Because a grant by the trial court of a motion for summary judgment is a denial of the opposing litigant’s day in court, the trial court, in deciding whether to grant the motion and this court in its review of that grant, must proceed with great caution. In any case where a question concerning a material fact exists, the motion for summary judgment should be denied.
Ms. Guillory filed at least two Protective Orders against her estranged husband. She also filed for divorce at least two times. It is clear from the statements in those documents that she and her husband had serious marital problems. Her husband obviously did not want her to leave him and she obviously did not want to remain with him; hence, a dispute. However, whether the dispute between Ms. Guillory and her estranged husband “arose out of’ her employment was not answered by the documents filed in support of Interstate’s motion for summary judgment.
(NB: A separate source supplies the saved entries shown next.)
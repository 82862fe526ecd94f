ghost use Rattle.std.specs.Prelude.{◌≡◌, ◌++◌, IfOk, is_ok, if◌then◌else◌};
ghost use Rattle.grids.specs.Grids.{Valid, tile};
ghost use Rattle.engine.specs.Views.{viewed};
ghost use Rattle.records.specs.Marks.{tile as tile_mark};
ghost use Rattle.records.specs.Entries.{entry_of};
ghost use Rattle.records.specs.Sound.{Sound};

use cells::Cell;
use engine::TileView;
use records::Body;
use std::alloc::{AllocError, Global};
use std::marker::PhantomData;

/// A tile of a file, its cells as they stand there; they all read.
// They are read when they are needed, into memory of the report's: memory of its own for each tile took
// twice the time on a file of many tiles.
#[derive(Drop)]
pub struct TileRecord<'f, C: Cell> {
    pub body: Body<'f>,
    kind: PhantomData<C>,
    ghost sound: { Sound C.Cell.reading 32 (entry_of tile_mark body) },
}

impl<'f, C: Cell> TileRecord<'f, C> {
    ghost use Rattle.reports.specs.Tiles.{body_tile};

    // A tile record that was read.
    pub(crate) fn new(body: Body<'f>) -> TileRecord<'f, C>
        requires { Sound C.Cell.reading 32 (entry_of tile_mark body) }
        ensures { result.body ≡ body.entry }
    {
        TileRecord {
            body,
            kind: PhantomData,
        }
    }

    /// A tile of its size, with the given cells.
    pub fn view<'c>(&self, cells: &'c [C]) -> TileView<'c, C>
        ensures { viewed result ≡ tile (body_tile C.Cell.reading self.now.body).rows (body_tile C.Cell.reading self.now.body).cols cells.now }
    {
        TileView {
            rows: self.body.rows,
            cols: self.body.cols,
            cells,
        }
    }
}

impl<C: Cell + Default> TileRecord<'_, C> {
    ghost use Rattle.reports.specs.Tiles.{body_tile};

    /// Reads its cells to the end of a list; all of them, or none where memory is wanting.
    pub fn read_to(&self, cells: &mut Vec<C>) -> Result<(), AllocError>
        ensures { cells.new.items ≡ (if is_ok result then cells.old.items ++ (body_tile C.Cell.reading self.now.body).cells else cells.old.items) }
    {
        let count = self.body.rows * self.body.cols;
        cells.reserve(count)?;
        for bytes in self.body.cells.chunks_exact(C::BYTES).take(count) {
            // All of them read; with a branch for one that does not, a random tile took half as long again.
            cells.push_reserved(C::read(bytes).unwrap_or_default());
        }
        Ok(())
    }
}

/// A tile of a file, its cells read into memory of its own.
#[derive(Drop)]
pub struct FileTile<C> {
    rows: usize,
    cols: usize,
    cells: Vec<C>,
    ghost valid: { Valid (tile rows cols cells.items) },
}

impl<C: Copy> FileTile<C> {
    ghost use Rattle.reports.specs.Tiles.{shown};

    /// The tile, lent.
    pub fn view(&self) -> TileView<'_, C>
        ensures { viewed result ≡ shown self.now }
    {
        TileView {
            rows: self.rows,
            cols: self.cols,
            cells: self.cells.as_slice(),
        }
    }
}

impl<C: Cell + Default> FileTile<C> {
    ghost use Rattle.reports.specs.Tiles.{body_tile, shown};

    // Reads the cells of a tile record.
    pub(crate) fn read(heap: Global, tile: &TileRecord<'_, C>) -> Result<FileTile<C>, AllocError>
        ensures { IfOk result (λ t. shown t ≡ body_tile C.Cell.reading tile.now.body) }
    {
        let mut cells = Vec::new(heap);
        tile.read_to(&mut cells)?;
        Ok(FileTile {
            rows: tile.body.rows,
            cols: tile.body.cols,
            cells,
        })
    }
}
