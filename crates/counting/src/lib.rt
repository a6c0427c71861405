// The counts of who used the machine: where an answer is counted, one count growing, and whether counts have room.
#![tactic(auto)]

ghost use Rattle.std.specs.Prelude.{◌≡◌, false, ◌<◌, length};
ghost use Rattle.paper.specs.Counts.{tally, count_place, grown, counted, at_end as end_at, passes_end};
ghost use Rattle.counting.specs.Room.{RoomAt, AllUpto, RoomIf, tally_place};

use paper::{Answer, HEADINGS, Heading, IDLE_COUNT, MOST_COUNT, Tally, Task};

// Where an answer is counted.
pub fn tally_of(a: Answer) -> Tally
    ensures { result ≡ tally a }
{
    match a {
        Answer::Idle => Tally::Idle,
        Answer::ErrorStop(t) => Tally::Under(t, Heading::ErrorStops),
        Answer::TurnPassed(t) => Tally::Under(t, Heading::PassedTurns),
        Answer::ServiceDone(t) => Tally::Under(t, Heading::Services),
        Answer::ServiceWaits(t) => Tally::Under(t, Heading::Waits),
        Answer::ServiceFaulted(t) => Tally::Under(t, Heading::Faults),
        Answer::OrderDone(t) => Tally::Under(t, Heading::Orders),
        Answer::OrderFaulted(t) => Tally::Under(t, Heading::Faults),
        Answer::Input(_) | Answer::OutputDone(_) => Tally::Nowhere,
    }
}

// The place of a task's count.
pub fn place_of(t: Task, h: Heading) -> usize
    ensures { result ≡ count_place t h }
{
    HEADINGS * t.0 as usize + h as usize
}

// The place of the count where an answer is counted, if it is counted.
pub fn counted_at(t: Tally) -> Option<usize>
    ensures { result ≡ tally_place t }
{
    match t {
        Tally::Nowhere => None,
        Tally::Idle => Some(IDLE_COUNT),
        Tally::Under(i, h) => Some(place_of(i, h)),
    }
}

// A count that is there grows by n.
pub fn add(counts: &mut [u32], k: usize, n: usize)
    requires k_in_bounds { k < length counts.old }
    requires room_at { RoomAt counts.old k n }
    ensures { counts.new ≡ grown counts.old k n }
{
    counts[k] += n as u32;
}

// A count grows by 1, where it is there.
fn add_one(counts: &mut [u32], k: usize)
    requires { RoomAt counts.old k 1 }
    ensures { counts.new ≡ grown counts.old k 1 }
{
    if k < counts.len() {
        add(counts, k, 1);
    }
}

// An answer is counted once.
pub fn count(counts: &mut [u32], t: Tally)
    requires { passes_end counts.old t ≡ false }
    ensures { counts.new ≡ counted counts.old t }
{
    if let Some(k) = counted_at(t) {
        add_one(counts, k);
    }
}

// Whether the count at a place is at its end.
fn at_end(counts: &[u32], k: usize) -> bool
    ensures { result ≡ end_at counts.now k }
{
    counts.get(k).is_some_and(|count| *count == MOST_COUNT)
}

// Whether the count of an answer would pass its end.
pub fn passes_end(counts: &[u32], t: Tally) -> bool
    ensures { result ≡ passes_end counts.now t }
{
    counted_at(t).is_some_and(|k| at_end(counts, k))
}

// The greatest of the counts.
fn greatest(counts: &[u32]) -> u32
    ensures { AllUpto counts.now result }
{
    counts.iter().copied().max().unwrap_or(0)
}

// Whether every count has room for n more.
pub fn has_room(counts: &[u32], n: usize) -> bool
    ensures { RoomIf result counts.now n }
{
    n <= (MOST_COUNT - greatest(counts)) as usize
}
A material question exists concerning whether claimant’s injury “arose out of’ a dispute with her estranged husband on matters unrelated to her employment duties: Was it “the result of some risk to which the employee [was] subjected in the course of [her] employment and to which [she] would not have been subjected had [she] not been so employed?” see Colletti v. Port Noma, Ltd., 625 So.2d 202, 204 (La.App. 3d Cir.1993). Consequently, the hearing officer incorrectly granted Interstate’s summary judgment motion.
CONCLUSION
Applying the above precepts to the present case, we conclude that from the documents presented by the parties in the motion for summary judgment, it is unknown whether Ms. Guillory’s injury from the shooting inci*639dent arose out |9of a dispute with her estranged husband over matters which were unrelated or related to her employment. Whether it was a particular risk to which Ms. Guillory was subjected to which she would not have been subjected had she not been so employed is a material factual issue. Therefore, the judgment of the hearing officer, granting Interstate’s motion for summary judgment, is reversed. Costs of this appeal are assessed to defendant-appellee, Interstate Gas Station.
REVERSED AND REMANDED.
DOUCET, J., dissents and assigns written reasons.